**TASK BRIEF:**
Among the entries that follow, find every line with the word "UpdateNotByKey" and copy it.

**Data items:**
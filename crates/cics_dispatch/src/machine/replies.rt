//! Replies: what a task is told of an answer, cut to LENGTH.

ghost use Rattle.std.specs.Prelude.{◌≡◌, option_map};
ghost use Rattle.cics_dispatch.specs.Machine.Replies.{cut};
ghost use Rattle.cics_dispatch.specs.Machine.Steps.{browse_reply, reply_of, reply_with};

use crate::machine::outcomes::{Number, Reply};
use cics_browse::Browsed;
use cics_names::{Condition, Verb};
use cics_units::Answer;

// Returns a reply to a command with this LENGTH. A longer content is LENGERR, with its first bytes.
fn cut(reply: Reply, length: Option<u64>) -> Reply
    ensures { result ≡ cut length reply }
{
    let Reply {
        condition,
        key,
        content,
        number,
    } = reply;
    match (content, length) {
        (Some(content), Some(length)) if length < content.len() as u64 => Reply {
            condition: Condition::Lengerr,
            key,
            content: Some(content.first(length as usize)),
            number,
        },
        (content, _) => Reply {
            condition,
            key,
            content,
            number,
        },
    }
}

/// Returns the reply to a read of a browse, with no more of the content than LENGTH. Takes no
/// memory.
pub fn reply_of_browsed(browsed: Browsed, length: Option<u64>) -> Reply
    ensures { result ≡ cut length (browse_reply browsed) }
{
    let reply = Reply {
        condition: browsed.condition,
        key: browsed.key,
        content: browsed.content,
        number: None,
    };
    cut(reply, length)
}

// Returns the reply of an answer, with this number, and with no more of the content than LENGTH.
fn reply_with(answer: Answer, number: Option<Number>, length: Option<u64>) -> Reply
    ensures { result ≡ reply_with length number answer }
{
    let reply = Reply {
        condition: answer.condition,
        key: None,
        content: answer.content,
        number,
    };
    cut(reply, length)
}

/// Returns the reply to READQ TS, with the number of the item and no more of its content than
/// LENGTH. Takes no memory, so nothing fails after the cursor has moved.
pub fn reply_of_item(answer: Answer, length: Option<u64>) -> Reply
    ensures { result ≡ reply_with length (option_map (λ k. Number.Item k) answer.number) answer }
{
    let number = answer.number.map(Number::Item);
    reply_with(answer, number, length)
}

/// Returns the reply to an executed command, with no more of the content than LENGTH. Its number is
/// that of the item or of the records deleted. Takes no memory, so nothing fails after the change.
pub fn reply_of_answer(answer: Answer, verb: &Verb) -> Reply
    ensures { result ≡ reply_of verb.now answer }
{
    let number = match verb {
        Verb::Delete { .. } => answer.number.map(Number::Numrec),
        _ => answer.number.map(Number::Item),
    };
    reply_with(answer, number, verb.length())
}
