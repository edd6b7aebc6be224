//! A task.

ghost use Rattle.std.specs.Prelude.{◌≡◌, [], None};
ghost use Rattle.std.specs.Borrow.{sem};
ghost use Rattle.cics_dispatch.specs.Machine.Machine.{with_unit};
ghost use Rattle.cics_dispatch.specs.Machine.Deadlines.{deadline_of};
ghost use Rattle.cics_dispatch.specs.Machine.Steps.{new_task};
ghost use Rattle.cics_dispatch.specs.Machine.TaskLoans.{LendsBrowses};

use crate::machine::browses::Browses;
use cics_history::UnitId;
use cics_names::Name8;
use std::alloc::Global;
use std::marker::Model;

/// A task: its label, how long it may wait, its open unit of work, its browses, and whether it has
/// ended.
#[derive(Drop)]
pub struct Task {
    label: Name8,
    dtimout: u64,
    unit: Option<UnitId>,
    browses: Browses,
    has_ended: bool,
}

impl Model for Task {
    ghost use Rattle.cics_dispatch.specs.Machine.Machine.{Task as TaskValue};

    ghost Value = { TaskValue };

    ghost view = { λ t. record {
      label = t.label;
      dtimout = t.dtimout;
      unit = t.unit;
      browses = t.browses;
      has_ended = t.has_ended;
    } };
}

impl Task {
    /// Returns a task without a unit or a browse. `alloc` gives the memory for its browses.
    /// `dtimout` is the seconds that it may wait, 0 for no limit.
    pub fn new(alloc: Global, label: Name8, dtimout: u64) -> Task
        ensures { result ≡ new_task label dtimout }
    {
        Task {
            label,
            dtimout,
            unit: None,
            browses: Browses::new(alloc),
            has_ended: false,
        }
    }

    /// Returns its label.
    pub fn label(&self) -> Name8
        ensures { result ≡ self.now.label }
    {
        self.label
    }

    /// Returns the seconds that it may wait, 0 for no limit.
    pub fn dtimout(&self) -> u64
        ensures { result ≡ self.now.dtimout }
    {
        self.dtimout
    }

    /// Returns the last clock, in seconds, at which a wait of it that began at `since` isn't too
    /// long: `since + dtimout - 1`, or `u64::MAX` if that is less or the task may wait without
    /// limit.
    pub fn deadline(&self, since: u64) -> u64
        ensures { result ≡ deadline_of self.now since }
    {
        match self.dtimout.checked_sub(1) {
            Some(seconds) => since.saturating_add(seconds),
            None => u64::MAX,
        }
    }

    /// Returns its open unit of work, if it has one.
    pub fn unit(&self) -> Option<UnitId>
        ensures { result ≡ self.now.unit }
    {
        self.unit
    }

    /// Returns whether it has ended.
    pub fn has_ended(&self) -> bool
        ensures { result ≡ self.now.has_ended }
    {
        self.has_ended
    }

    /// Returns its browses.
    pub fn browses(&self) -> &Browses
        ensures { result.now ≡ self.now.browses }
    {
        &self.browses
    }

    /// Returns its browses, to be changed.
    pub fn browses_mut(&mut self) -> &mut Browses
        ensures* writes_back { sem 𝓛 (LendsBrowses self.entry result) }
        ensures browses { result.now ≡ self.old.browses }
    {
        &mut self.browses
    }

    /// Gives it a unit.
    pub fn begin_unit(&mut self, unit: UnitId)
        ensures { self.new ≡ with_unit self.old unit }
    {
        self.unit = Some(unit);
    }

    /// Takes its unit away, if it has one, and returns it. Ends all its browses, and if `has_ended`
    /// the task too.
    pub fn close_unit(&mut self, has_ended: bool) -> Option<UnitId>
        ensures unit { result ≡ self.old.unit }
        ensures task { self.new
            ≡ record self.old { unit = None; browses = []; has_ended = has_ended } }
    {
        let unit = self.unit;
        self.unit = None;
        self.browses.end_all();
        self.has_ended = has_ended;
        unit
    }
}
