//! The checks of a command that can fail.

ghost use Rattle.std.specs.Prelude.{◌≡◌};
ghost use Rattle.cics_dispatch.specs.Machine.Reasons.{condition_of};

use cics_names::Condition;

/// Which check a command failed, with the condition that answers it.
#[derive(Clone, Copy, PartialEq, Eq)]
pub enum Reason {
    /// DSIDERR: the file isn't defined.
    FileNotDefined,
    /// QIDERR: the transient data queue isn't defined.
    QueueNotDefined,
    /// INVREQ: READ UPDATE has GTEQ or GENERIC.
    UpdateNotByKey,
    /// INVREQ: KEYLENGTH isn't the length of RIDFLD.
    KeyLengthDiffers,
    /// INVREQ: RIDFLD isn't as long as the keys of the file.
    KeySize,
    /// INVREQ: RIDFLD with GENERIC is longer than the keys of the file.
    PrefixTooLong,
    /// INVREQ: RIDFLD of DELETE GENERIC has no byte.
    PrefixEmpty,
    /// INVREQ: DELETE has KEYLENGTH or GENERIC, but no RIDFLD.
    NoRidfld,
    /// LENGERR: LENGTH isn't from 1 to the length of FROM.
    LengthNotInFrom,
    /// LENGERR: the record doesn't reach the end of its key.
    RecordTooShort,
    /// LENGERR: the record is longer than the file's RECORDSIZE.
    RecordTooLong,
    /// LENGERR: an item or a record of transient data hasn't 1 to 32,767 bytes.
    ItemSize,
    /// LENGERR: LENGTH of ENQ or DEQ isn't from 1 to 255.
    ValueSize,
    /// LENGERR: LENGTH of ENQ or DEQ is above the length of the value as written.
    ValueTooShort,
    /// INVREQ: an update read of the file is open already.
    UpdateReadOpen,
    /// INVREQ: no update read of the file is open.
    NoUpdateRead,
    /// INVREQ: the key in FROM of a WRITE isn't RIDFLD.
    KeyIsNotRidfld,
    /// INVREQ: the key in FROM of a REWRITE isn't the one that was read for update.
    KeyIsNotRead,
    /// INVREQ: a browse of the file is open already.
    BrowseOpen,
    /// INVREQ: no browse of the file is open.
    NoBrowse,
    /// INVREQ: READPREV after a GENERIC start.
    BrowseIsGeneric,
}

impl Reason {
    /// Returns the condition that answers a command that failed this check.
    pub fn condition(self) -> Condition
        ensures { result ≡ condition_of self }
    {
        match self {
            Reason::FileNotDefined => Condition::Dsiderr,
            Reason::QueueNotDefined => Condition::Qiderr,
            Reason::LengthNotInFrom
            | Reason::RecordTooShort
            | Reason::RecordTooLong
            | Reason::ItemSize
            | Reason::ValueSize
            | Reason::ValueTooShort => Condition::Lengerr,
            Reason::UpdateNotByKey
            | Reason::KeyLengthDiffers
            | Reason::KeySize
            | Reason::PrefixTooLong
            | Reason::PrefixEmpty
            | Reason::NoRidfld
            | Reason::UpdateReadOpen
            | Reason::NoUpdateRead
            | Reason::KeyIsNotRidfld
            | Reason::KeyIsNotRead
            | Reason::BrowseOpen
            | Reason::NoBrowse
            | Reason::BrowseIsGeneric => Condition::Invreq,
        }
    }
}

**WRITTEN ANSWER:**
    UpdateNotByKey,
            Reason::UpdateNotByKey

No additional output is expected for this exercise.